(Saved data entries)
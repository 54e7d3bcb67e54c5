//! What a core keeps, as lists from which the same core can be made again.
ghost use Rattle.std.specs.Prelude.{◌≡◌, true, List, [], ◌∷◌, ◌++◌, map, IfOk, OnOk};
ghost use Rattle.std.specs.List.{list_all};
ghost use Rattle.iss_model.specs.declared.input.Record.{Record};
ghost use Rattle.iss_model.specs.rules.Histories.{history_of};
ghost use Rattle.iss_state.specs.Stakes.{IsOrderlyState, txn_tokens};
ghost use Rattle.iss_states.specs.Counted.{CountsTxns};
ghost use Rattle.iss_states.specs.OverBook.{state_of};
ghost use Rattle.iss_states.specs.Showing.{shown};
ghost use Rattle.iss_core.specs.Showing.{AreOrigins, ArePlain, counter_by, has_span, IsEntered, named_plain, origin_named, span_by};
ghost use Rattle.iss_core.specs.States.{kept_state};
ghost use Rattle.iss_core.specs.Values.{CoreStandsFor};

use crate::Core;
use crate::state::State;
use iss_model::{
    Carried, CarriedList, Counter, CounterList, NoticeList, Saldo, SaldoList, Seen, SeenList, Span,
    Stood, StoodList, Token, Window,
};
use iss_velocity::Counted;
use std::alloc::{AllocError, Global};
use std::collections::BTreeMap;

impl Core {
    /// What the core keeps, as lists from which the same core can be made again. A setting is among its events.
    ///
    /// Events and transactions are in the order in which they began, balances in that of `accounts`, and counters in that
    /// of their controls, users and spans. Amounts are in minor units, stamps in milliseconds.
    pub fn state(&self, alloc: Global) -> Result<iss_model::State, AllocError>
        ensures shown { IfOk result (λ s. s ≡ shown self.now.state) }
        ensures on_book { (rs : List Record) → CoreStandsFor self.now rs
            → IfOk result (λ s. s ≡ state_of (history_of rs)) }
    {
        self.state.shown(alloc)
    }
}

impl State {
    /// All that stands, as lists.
    fn shown(&self, alloc: Global) -> Result<iss_model::State, AllocError>
        requires orderly { IsOrderlyState (kept_state self.now) }
        requires counted { CountsTxns (kept_state self.now) }
        ensures { IfOk result (λ s. s ≡ shown (kept_state self.now)) }
    {
        let events = self.events_shown(alloc)?;
        let txns = self.chain.carried(alloc)?;
        let balances = self.balances_shown(alloc)?;
        let counters = self.counters_shown(alloc, &txns)?;
        let sums = self.sums_shown(alloc)?;
        let notices = self.notices.pending_notices(alloc)?;
        Ok(iss_model::State {
            records: self.count,
            now: self.time,
            events: SeenList(events),
            txns: CarriedList(txns),
            balances: SaldoList(balances),
            counters: CounterList(counters),
            sums: StoodList(sums),
            made: self.notices.made(),
            notices: NoticeList(notices),
        })
    }

    /// The accepted events, each with its verdict and its call's mark.
    fn events_shown(&self, alloc: Global) -> Result<Vec<Seen>, AllocError>
        ensures { IfOk result (λ v. v.items ≡ (shown (kept_state self.now)).events) }
    {
        let marks = self.calls.marks(alloc)?;
        self.events.seen(alloc, &marks)
    }

    /// The accounts with their balances.
    fn balances_shown(&self, alloc: Global) -> Result<Vec<Saldo>, AllocError>
        ensures { IfOk result (λ v. v.items ≡ (shown (kept_state self.now)).balances) }
    {
        self.chain.balances(alloc)
    }

    /// What the programme stood in with.
    fn sums_shown(&self, alloc: Global) -> Result<Vec<Stood>, AllocError>
        ensures { IfOk result (λ v. v.items ≡ (shown (kept_state self.now)).sums) }
    {
        self.sets.sums(alloc)
    }

    /// What the controls have counted, with the tokens of these transactions, which are all.
    fn counters_shown(&self, alloc: Global, txns: &[Carried]) -> Result<Vec<Counter>, AllocError>
        requires orderly { IsOrderlyState (kept_state self.now) }
        requires counted { CountsTxns (kept_state self.now) }
        requires all { map (λ t. t.txn) txns.now ≡ txn_tokens self.now.chain.holdings.txns }
        ensures { IfOk result (λ v. v.items ≡ (shown (kept_state self.now)).counters) }
    {
        let origins = self.origins(alloc, txns)?;
        let counted = self.controls.counters(alloc)?;
        counters_of(alloc, &counted, &origins)
    }

    /// The transactions by the numbers of their first records. Later ones go in first, so that earlier ones take their place.
    /// No user's token has a byte 0, so a counter's key tells its user and its number.
    fn origins(&self, alloc: Global, txns: &[Carried]) -> Result<BTreeMap<i64, Token>, AllocError>
        requires orderly { IsOrderlyState (kept_state self.now) }
        requires all { map (λ t. t.txn) txns.now ≡ txn_tokens self.now.chain.holdings.txns }
        ensures origins { IfOk result (AreOrigins self.now.chain.holdings.txns) }
        ensures plain { OnOk result (ArePlain self.now.chain.holdings.txns) }
    {
        let mut origins = BTreeMap::new(alloc);
        for carried in txns.iter().rev() {
            enter_origin(&mut origins, self.origin(&carried.txn), &carried.txn)?;
        }
        Ok(origins)
    }

    /// The number of the record that a transaction began with.
    #[tactic(auto, using(crate::proofs::ShownParts::token_plain))]
    fn origin(&self, txn: &Token) -> Option<u32>
        ensures value { result ≡ origin_named self.now.chain.holdings.txns txn.now }
        ensures plain { named_plain self.now.chain.holdings.txns txn.now ≡ true }
    {
        let hold = self.chain.hold(txn)?;
        let _user = hold.txn.user.text();
        Some(hold.txn.origin)
    }
}

/// Enters a transaction by the number of its first record, if there is one.
fn enter_origin(
    origins: &mut BTreeMap<i64, Token>,
    origin: Option<u32>,
    txn: &Token,
) -> Result<(), AllocError>
    ensures { OnOk result (IsEntered origin txn.now origins.old origins.new) }
{
    let Some(number) = origin else {
        return Ok(());
    };
    origins.insert(i64::from(number), *txn)?;
    Ok(())
}

/// Counters as they are shown, with the tokens of the transactions that began with these records.
fn counters_of(
    alloc: Global,
    counted: &[Counted],
    origins: &BTreeMap<i64, Token>,
) -> Result<Vec<Counter>, AllocError>
    requires { list_all (has_span origins.now) counted.now ≡ true }
    ensures { IfOk result (λ v. v.items ≡ map (counter_by origins.now) counted.now) }
{
    let mut counters = Vec::new(alloc);
    for counter in counted {
        let shown = counter_of(counter, origins);
        push(&mut counters, &shown)?;
    }
    Ok(counters)
}

/// Adds a thing after the others.
fn push<T: Copy + Drop>(things: &mut Vec<T>, thing: &T) -> Result<(), AllocError>
    ensures { OnOk result (things.new.items ≡ things.old.items ++ thing.now ∷ []) }
{
    things.push(*thing)?;
    Ok(())
}

/// A counter as it is shown.
fn counter_of(counted: &Counted, origins: &BTreeMap<i64, Token>) -> Counter
    requires { has_span origins.now counted.now ≡ true }
    ensures { result ≡ counter_by origins.now counted.now }
{
    Counter {
        control: counted.control,
        user: counted.user,
        span: span_of(counted, origins),
        used: counted.used,
    }
}

/// The span of a counter. The transaction that it counts stands.
fn span_of(counted: &Counted, origins: &BTreeMap<i64, Token>) -> Span
    requires { has_span origins.now counted.now ≡ true }
    ensures { result ≡ span_by origins.now counted.now.window counted.now.number }
{
    match counted.window {
        Window::Transaction => match origins.get(&counted.number) {
            Some(txn) => Span::Txn(*txn),
            None => unreachable!(),
        },
        Window::Day | Window::Week | Window::Month | Window::Lifetime => {
            Span::Number(counted.number)
        }
    }
}
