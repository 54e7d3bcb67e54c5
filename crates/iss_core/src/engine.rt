//! The core: it judges inputs and takes up records.
ghost use Rattle.std.specs.Prelude.{◌≡◌, ◌<◌, List, [], IfOk, IsTrue};
ghost use Rattle.iss_model.specs.declared.limits.TheConstants.{INSTANCES, MOST_RECORDS};
ghost use Rattle.iss_model.specs.declared.input.Record.{Record};
ghost use Rattle.iss_model.specs.Forms.{is_in_form, is_stamp};
ghost use Rattle.iss_model.specs.rules.Judging.{judge};
ghost use Rattle.iss_model.specs.state.Cores.{no_core, core_keeper};
ghost use Rattle.iss_core.specs.Values.{CoreStandsFor, IsNext, GivesNext, GivesInForm, Steps, StepsOnBook, judged_on};

use crate::state::State;
use iss_model::{Entry, Input, Judged, Record};
use std::alloc::{AllocError, Global};
use std::marker::Model;

/// How many entries a purchase makes that the user's own balance pays.
const PURCHASE_ENTRIES: usize = 4;

/// The decision engine of one instance. Contracts see its instance, and the state that the model keeps in place of the
/// book. A core *stands for* records if its state is like the one that they make. Each call then also answers as the book
/// of these records does.
#[derive(Drop)]
pub struct Core {
    pub(crate) instance: u64,
    pub(crate) state: Box<State>,
}

impl Model for Core {
    ghost use Rattle.std.specs.Coded.{codes};
    ghost use Rattle.iss_model.specs.state.Kept.{kept_code};
    ghost use Rattle.iss_core.specs.Values.{CoreNow};

    ghost Value = { CoreNow };

    ghost coded = { Prim.hlevel (codes, kept_code) };

    ghost use Rattle.iss_core.specs.States.{kept_state};
    ghost use Rattle.iss_core.specs.Sound.{IsSound};

    ghost view = { λ c. record { instance = c.instance; state = kept_state c.state.value } };

    ghost invariant = { λ c. IsSound (kept_state c.state.value) };
}

impl Core {
    /// A core without a record, for the device of this instance.
    pub fn new(alloc: Global, instance: u64) -> Result<Core, AllocError>
        requires { instance < INSTANCES }
        ensures value { IfOk result (λ c. c ≡ record { instance = instance; state = no_core }) }
        ensures stands { IfOk result (λ c. CoreStandsFor c []) }
    {
        Ok(Core {
            instance,
            state: Box::new(alloc, State::new(alloc)?)?,
        })
    }

    /// Whether an input is new at a stamp, and its answer if it isn't. The stamp counts as the core's time if
    /// it is earlier.
    ///
    /// A new input is returned as its record. If an input other than an acknowledgement isn't new and something is due,
    /// the record of a time is returned. It goes before the input's answer.
    pub fn judge(&self, alloc: Global, input: &Input, at: u64) -> Result<Judged, AllocError>
        requires input_form { IsTrue (is_in_form input.now) }
        requires stamp { IsTrue (is_stamp at) }
        ensures judged { IfOk result (λ j. j ≡ judge core_keeper self.now.state input.now at) }
        ensures next { IfOk result (GivesNext self.now) }
        ensures in_form { IfOk result GivesInForm }
        ensures on_book { (rs : List Record) → CoreStandsFor self.now rs
            → IfOk result (λ j. j ≡ judged_on rs input.now at) }
    {
        self.state.judge(alloc, input, at.max(self.state.time))
    }

    /// Takes up a record that is next, and returns the core after it with the entries that it makes. First come those of
    /// all that is due at its stamp, and then its own. If an allocation fails, the core is gone.
    pub fn step(
        mut self,
        alloc: Global,
        accepted: &Record,
    ) -> Result<(Core, Vec<Entry>), AllocError>
        requires next { IsNext self accepted.now }
        requires input_form { IsTrue (is_in_form accepted.now.input) }
        requires stamp_form { IsTrue (is_stamp accepted.now.at) }
        requires room { self.state.count < MOST_RECORDS }
        ensures stepped { IfOk result (λ x. Steps self x.0 accepted.now x.1.items) }
        ensures on_book { (rs : List Record) → CoreStandsFor self rs
            → IfOk result (λ x. StepsOnBook x.0 rs accepted.now x.1.items) }
    {
        let mut entries = Vec::with_capacity(alloc, PURCHASE_ENTRIES)?;
        self.state.take_up(accepted)?;
        self.state.settle_due(alloc, &mut entries, accepted)?;
        self.state.make(alloc, &mut entries, accepted)?;
        Ok((self, entries))
    }
}
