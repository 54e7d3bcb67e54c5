//! The parts that a core is made of.
ghost use Rattle.std.specs.Prelude.{◌≡◌, ◌+◌, ◌^◌, ◌<◌, IfOk, OnOk, IsTrue};
ghost use Rattle.iss_model.specs.Forms.{is_in_form, is_stamp};
ghost use Rattle.iss_model.specs.state.Cores.{no_core, with_record};
ghost use Rattle.iss_accepted.specs.Values.{IsUnknown};
ghost use Rattle.iss_core.specs.States.{kept_state};

use iss_accepted::Events;
use iss_call::Calls;
use iss_card::Cards;
use iss_chain::Chain;
use iss_commando::Sets;
use iss_model::Record;
use iss_notice::Notices;
use iss_product::Products;
use iss_scope::Groups;
use iss_velocity::Controls;
use std::alloc::{AllocError, Global};

/// All that stands, each thing in the part that keeps it.
#[derive(Drop)]
pub(crate) struct State {
    pub(crate) time: u64,
    pub(crate) count: u32,
    pub(crate) events: Events,
    pub(crate) cards: Cards,
    pub(crate) products: Products,
    pub(crate) groups: Groups,
    pub(crate) controls: Controls,
    pub(crate) chain: Chain,
    pub(crate) calls: Calls,
    pub(crate) sets: Sets,
    pub(crate) notices: Notices,
}

impl State {
    /// The built-in product alone.
    pub(crate) fn new(alloc: Global) -> Result<State, AllocError>
        ensures { IfOk result (λ state. kept_state state ≡ no_core) }
    {
        // What may fail comes first, so that few parts are let go if it does.
        let products = Products::new(alloc)?;
        let chain = Chain::new(alloc)?;
        let calls = Calls::new(alloc)?;
        let sets = Sets::new(alloc)?;
        let notices = Notices::new(alloc)?;
        Ok(State {
            time: 0,
            count: 0,
            events: Events::new(alloc),
            cards: Cards::new(alloc),
            products,
            groups: Groups::new(alloc),
            controls: Controls::new(alloc),
            chain,
            calls,
            sets,
            notices,
        })
    }

    /// Counts a record, and notes its input if it is an event, which is a new one.
    pub(crate) fn take_up(&mut self, accepted: &Record) -> Result<(), AllocError>
        requires room { self.old.count + 1 < 2 ^ 32 }
        requires input_form { IsTrue (is_in_form accepted.now.input) }
        requires stamp_form { IsTrue (is_stamp accepted.now.at) }
        requires new { IsUnknown self.old.events accepted.now.input }
        ensures { OnOk result (kept_state self.new ≡ with_record (kept_state self.old) accepted.now) }
    {
        self.time = self.time.max(accepted.at);
        self.count += 1;
        self.events.add(self.count, accepted.at, &accepted.input)
    }
}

• _WHAT IS EXPECTED_
Your answer must be the lines above from the one containing "stamps in milliseconds." to the one containing "let notices = self.notices.pending_notices(alloc)?;", both included, restated word for word.

• _SOLUTION TO THE PROBLEM_
    /// of their controls, users and spans. Amounts are in minor units, stamps in milliseconds.
    pub fn state(&self, alloc: Global) -> Result<iss_model::State, AllocError>
        ensures shown { IfOk result (λ s. s ≡ shown self.now.state) }
        ensures on_book { (rs : List Record) → CoreStandsFor self.now rs
            → IfOk result (λ s. s ≡ state_of (history_of rs)) }
    {
        self.state.shown(alloc)
    }
}

impl State {
    /// All that stands, as lists.
    fn shown(&self, alloc: Global) -> Result<iss_model::State, AllocError>
        requires orderly { IsOrderlyState (kept_state self.now) }
        requires counted { CountsTxns (kept_state self.now) }
        ensures { IfOk result (λ s. s ≡ shown (kept_state self.now)) }
    {
        let events = self.events_shown(alloc)?;
        let txns = self.chain.carried(alloc)?;
        let balances = self.balances_shown(alloc)?;
        let counters = self.counters_shown(alloc, &txns)?;
        let sums = self.sums_shown(alloc)?;
        let notices = self.notices.pending_notices(alloc)?;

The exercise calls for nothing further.